Le 8 mars 2018, le blog zététicien La Menace Théoriste publiait un article intitulé « Aux origines intellectuelles de la justice sociale intersectionnelle ». L’article nous prévient d’une menace que la gauche universitaire ferait peser sur la liberté d’expression, sur la science et sur la raison elle-même. C’est un très mauvais article, brouillon, manipulatoire et insultant, et c’est la raison pour laquelle j’avais commencé à travailler dessus : je voulais démonter les affirmations une à une, montrer les mécanismes manipulatoires à l’œuvre dans la construction du croque-mitaine qu’est cette « justice sociale intersectionnelle ». Un travail que je n’ai jamais fini.

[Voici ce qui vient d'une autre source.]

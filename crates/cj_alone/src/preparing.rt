//! The tables of a run, as its calls find them.

ghost use Rattle.std.specs.Prelude.{◌≡◌, ◌<◌, ◌≤◌, true, length, All, IfOk, OnOk};
ghost use Rattle.cj_script.specs.Fitting.{FitsSetup};
ghost use Rattle.cj_profile.specs.Seats as counts;
ghost use Rattle.cj_profile.specs.Seats.{program_of, Belongs, IsSame, AddsPart};
ghost use Rattle.cj_publish.specs.Seats.{view_of, key_of, IsSole};
ghost use Rattle.cj_publish.specs.Views.{fresh};
ghost use Rattle.cj_worker.specs.Workers.{program_in, IsReady, Stays};
ghost use Rattle.cj_records.specs.Setups.{SetupPart};
ghost use Rattle.cj_records.specs.Loops.{IsPrepared};
ghost use Rattle.cj_records.specs.Versions.{IsWholeStore};
ghost use Rattle.cj_alone.specs.Seats.{view_at, reads_at, IsFree, AreSame};
ghost use Rattle.cj_alone.specs.Preparing.{HintsPart, WarmsUp, WarmedUp};

use crate::seats::Seats;
use cj_ir::{Checked, NoMemory, Setup};
use cj_notes::Works;
use cj_profile::{Profile, ProfileSeat};
use cj_publish::CodeTable;
use cj_records::Store;
use cj_worker::Worker;
use std::alloc::Global;

/// The tables of a program, new, with `size` words in the code table. First the hints are set, in order, and then the `warm`
/// lines are compiled, in order, with a note for each.
///
/// The size is from 1 plus the number of functions to 1,048,576.
pub fn prepare(
    alloc: Global,
    checked: &Checked,
    setups: &[Setup],
    size: u32,
) -> Result<(Store, Works), NoMemory>
    requires setups { All (FitsSetup checked.now.functions) setups.now }
    requires size { (length checked.now.functions < size) × (size ≤ 1048576) }
    ensures { IfOk result (λ made. IsPrepared checked.now size setups.now made.1 made.0) }
{
    let mut store = new_tables(alloc, checked, size)?;
    set_hints(&store.profile, &mut store.profile_seat, setups);
    let Store {
        code,
        code_seat,
        profile,
        profile_seat,
    } = store;
    let seats = Seats {
        code: code_seat,
        profile: profile_seat,
    };
    let (seats, warm) = warm_up(alloc, checked, &code, &profile, seats, setups)?;
    let store = Store {
        code,
        code_seat: seats.code,
        profile,
        profile_seat: seats.profile,
    };
    Ok((store, warm))
}

/// A program's tables, new, with `size` words in the code table, and the one seat that there is at each.
fn new_tables(alloc: Global, checked: &Checked, size: u32) -> Result<Store, NoMemory>
    requires size { (length checked.now.functions < size) × (size ≤ 1048576) }
    ensures whole { IfOk result (λ store. IsWholeStore 0 size checked.now store) }
    ensures sole { IfOk result (λ store. IsSole store.code_seat × counts.IsSole store.profile_seat) }
    ensures unused { IfOk result (λ store. (view_of store.code_seat ≡ fresh (key_of store.code)) × counts.IsNew true store.profile_seat) }
{
    let (code, code_seat) = CodeTable::make(alloc, checked, size)?;
    let (profile, profile_seat) = Profile::make(alloc, checked)?;
    Ok(Store {
        code,
        code_seat,
        profile,
        profile_seat,
    })
}

/// Sets the hints, in order.
fn set_hints(profile: &Profile, seat: &mut ProfileSeat, setups: &[Setup])
    requires own { Belongs profile.now seat.old }
    requires setups { All (FitsSetup (program_of profile.now).functions) setups.now }
    ensures own { Belongs profile.now seat.new }
    ensures same { IsSame seat.old seat.new }
    ensures part { AddsPart (HintsPart (program_of profile.now) setups.now) seat.old seat.new }
{
    for setup in setups {
        set_hint(profile, seat, setup);
    }
}

/// Sets a hint. A `warm` line is none.
fn set_hint(profile: &Profile, seat: &mut ProfileSeat, setup: &Setup)
    requires own { Belongs profile.now seat.old }
    requires setup { FitsSetup (program_of profile.now).functions setup.now }
    ensures own { Belongs profile.now seat.new }
    ensures same { IsSame seat.old seat.new }
    ensures part { AddsPart (SetupPart setup.now) seat.old seat.new }
{
    match *setup {
        Setup::Guess {
            function,
            param,
            value,
        } => profile.set_guess(seat, function, param, value),
        Setup::Cold {
            function,
            label,
            edge,
        } => profile.set_cold(seat, function, label, edge),
        Setup::Warm { .. } => {}
    }
}

/// Compiles the `warm` lines, in order.
fn warm_up(
    alloc: Global,
    checked: &Checked,
    code: &CodeTable,
    profile: &Profile,
    seats: Seats,
    setups: &[Setup],
) -> Result<(Seats, Works), NoMemory>
    requires free { IsFree checked.now code.now profile.now seats }
    requires setups { All (FitsSetup checked.now.functions) setups.now }
    ensures free { IfOk result (λ made. IsFree checked.now code.now profile.now made.0) }
    ensures same { IfOk result (λ made. AreSame seats made.0) }
    ensures warmed { IfOk result (λ made. WarmedUp checked.now setups.now made.1 (view_at seats) (reads_at seats) (view_at made.0) (reads_at made.0)) }
{
    let mut worker = Worker::new(alloc, checked, code, seats.code, profile, seats.profile);
    let mut warm = Works::new(alloc);
    for setup in setups {
        warm_one(&mut worker, setup, &mut warm)?;
    }
    let (code, profile) = worker.into_seats();
    Ok((Seats { code, profile }, warm))
}

/// Compiles what a `warm` line names. A hint is passed by.
fn warm_one(worker: &mut Worker<'_>, setup: &Setup, warm: &mut Works) -> Result<(), NoMemory>
    requires ready { IsReady worker.old }
    requires setup { FitsSetup (program_in worker.old).functions setup.now }
    ensures ready { IsReady worker.new }
    ensures stays { Stays worker.old worker.new }
    ensures warms { OnOk result (WarmsUp setup.now worker.old worker.new warm.old warm.new) }
{
    match *setup {
        Setup::Warm { function, level } => {
            let note = worker.warm(function, level)?;
            warm.push(note)
        }
        Setup::Guess { .. } | Setup::Cold { .. } => Ok(()),
    }
}
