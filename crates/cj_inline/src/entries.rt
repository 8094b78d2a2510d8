//! The move that enters the callee.

ghost use Rattle.std.specs.Prelude.{◌≡◌, ◌+◌, ◌<◌, ◌≤◌, IfOk};
ghost use Rattle.cj_draft.specs.Inlining.{entry_pairs};
ghost use Rattle.cj_draft.specs.declared.instructions.VInstr.TheVariants.{Move};
ghost use Rattle.cj_inline.specs.Entries.{entry_pair};
ghost use Rattle.cj_draft.specs.declared.limits.TheConstants.{MAX_CODE_REGS};

use cj_draft::{Pair, Pairs, VInstr};
use cj_ir::{Label, NoMemory, Operand, Reg};
use std::alloc::Global;

/// The move to the callee's entry, which stands in the place of the call: the callee's registers, so many after the
/// caller's, get the arguments, and 0 after them.
pub(crate) fn entry_move(
    alloc: Global,
    regs: u32,
    count: u32,
    to: Label,
    args: &[Operand],
) -> Result<VInstr, NoMemory>
    requires { regs + count ≤ MAX_CODE_REGS }
    ensures { IfOk result (λ made. made ≡ Move (entry_pairs regs args.now count) to) }
{
    let pairs = entry_pairs(alloc, regs, args, count)?;
    Ok(VInstr::Move { pairs, next: to })
}

/// The assignments to the callee's registers, from `first` on.
fn entry_pairs(alloc: Global, first: u32, args: &[Operand], count: u32) -> Result<Pairs, NoMemory>
    requires { first + count ≤ MAX_CODE_REGS }
    ensures { IfOk result (λ pairs. pairs ≡ entry_pairs first args.now count) }
{
    let mut pairs = Pairs::new(alloc);
    for index in 0..count {
        pairs.push(entry_pair(first, args, index))?;
    }
    Ok(pairs)
}

/// The assignment to the callee's register of that number.
#[tactic(auto, unfolding(crate::specs::Entries::entry_pair, crate::specs::Entries::or_zero))]
fn entry_pair(first: u32, args: &[Operand], index: u32) -> Pair
    requires { first + index < MAX_CODE_REGS }
    ensures { result ≡ entry_pair first args.now index }
{
    let value = match args.get(index as usize) {
        Some(&arg) => arg,
        None => Operand::Const(0),
    };
    Pair {
        dest: Reg(first + index),
        value,
    }
}
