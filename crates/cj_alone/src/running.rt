//! A script's calls on one thread.

ghost use Rattle.std.specs.Prelude.{◌≡◌, ◌<◌, ◌≤◌, length, map, IfOk};
ghost use Rattle.cj_script.specs.Fitting.{FitsScript};
ghost use Rattle.cj_base.specs.Run.{begun};
ghost use Rattle.cj_records.specs.Versions.{HasHeadline, AloneStands};

use crate::preparing::prepare;
use crate::rounds::{Progress, run_calls};
use crate::seats::Seats;
use cj_calls::Reports;
use cj_ir::{Input, NoMemory};
use cj_notes::Works;
use cj_records::Store;
use std::alloc::Global;

/// Runs the calls of an input over new tables, with `size` words in the code table. First the setups act: the hints, and then
/// the `warm` lines. Then each call runs in a session, and one work is done after it. There is a report for each call, and a
/// note for each `warm` line and then for each call; the tables are given back with their seats.
///
/// The size is from 1 plus the number of functions to 1,048,576.
pub fn alone_with(
    alloc: Global,
    input: &Input,
    size: u32,
) -> Result<(Reports, Works, Store), NoMemory>
    requires fits { FitsScript input.now.checked input.now.script }
    requires size { (length input.now.checked.functions < size) × (size ≤ 1048576) }
    ensures headline { IfOk result (λ made. HasHeadline input.now.checked (map begun input.now.script.calls) made.0) }
    ensures versions { IfOk result (λ made. AloneStands input.now.checked size input.now.script.setups (map begun input.now.script.calls) made.0 made.1 made.2) }
{
    let checked = &input.checked;
    let (store, warm) = prepare(alloc, checked, input.script.setups.items(), size)?;
    let Store {
        code,
        code_seat,
        profile,
        profile_seat,
    } = store;
    let seats = Seats {
        code: code_seat,
        profile: profile_seat,
    };
    let start = Progress {
        seats,
        reports: Reports::new(alloc),
        work: warm,
    };
    let calls = input.script.calls.items();
    let done = run_calls(alloc, checked, &code, &profile, start, calls)?;
    let Progress {
        seats,
        reports,
        work,
    } = done;
    let store = Store {
        code,
        code_seat: seats.code,
        profile,
        profile_seat: seats.profile,
    };
    Ok((reports, work, store))
}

L’auteur de l’article, un certain Vincent Debierre, animateur du podcast « Liberté Académique », s’est fait une spécialité d’importer en France le mythe de la « free speech crisis». Il s’agit d’un discours alarmiste, voire complotiste, principalement porté par la droite et l’extrême-droite anglophone : celui d’une crise de la liberté d’expression sur les campus américains, crise provoquée par des militants de gauche dogmatiques, violents et tendanciellement dictatoriaux. Ce mythe vient s’inscrire dans un discours anti-intellectualiste plus général : il ne faudrait pas croire les travaux des universitaires quand ils contredisent les idéologies de droite (ce qu’ils font souvent), parce qu’ils sont le produit d’une université gangrenée de vilains idéologues gauchistes qui s’opposent à la vraie science et endoctrinent la jeunesse (un discours classique de la droite conservatrice et de l’extrême-droite qui revient régulièrement depuis… ouhla….). La spécificité de ce mythe est qu’il vient nourrir l’anti-intellectualisme et la méfiance envers les travaux universitaires au nom même de la défense de la science et de la raison – ce qui lui permet de trouver écho, notamment, dans la sphère sceptique.
Voilà pourquoi je voulais m’attaquer à cet article, qui consistait en un parfait résumé des obsession de la droite américaine ces dernières années. En fait, je n’ai pas pu dépasser les dix premières lignes sans tomber sur assez de matière pour un article entier. Tout est donc resté dans les cartons.
Le moment est venu de ressortir tout ça et de le publier, dans l’état (c’est-à-dire, incomplet et imparfait) en espérant qu’il puisse servir à la lutte contre ce discours à l’heure où il se fait plus pressant encore en France, notamment dans les colonnes du Point.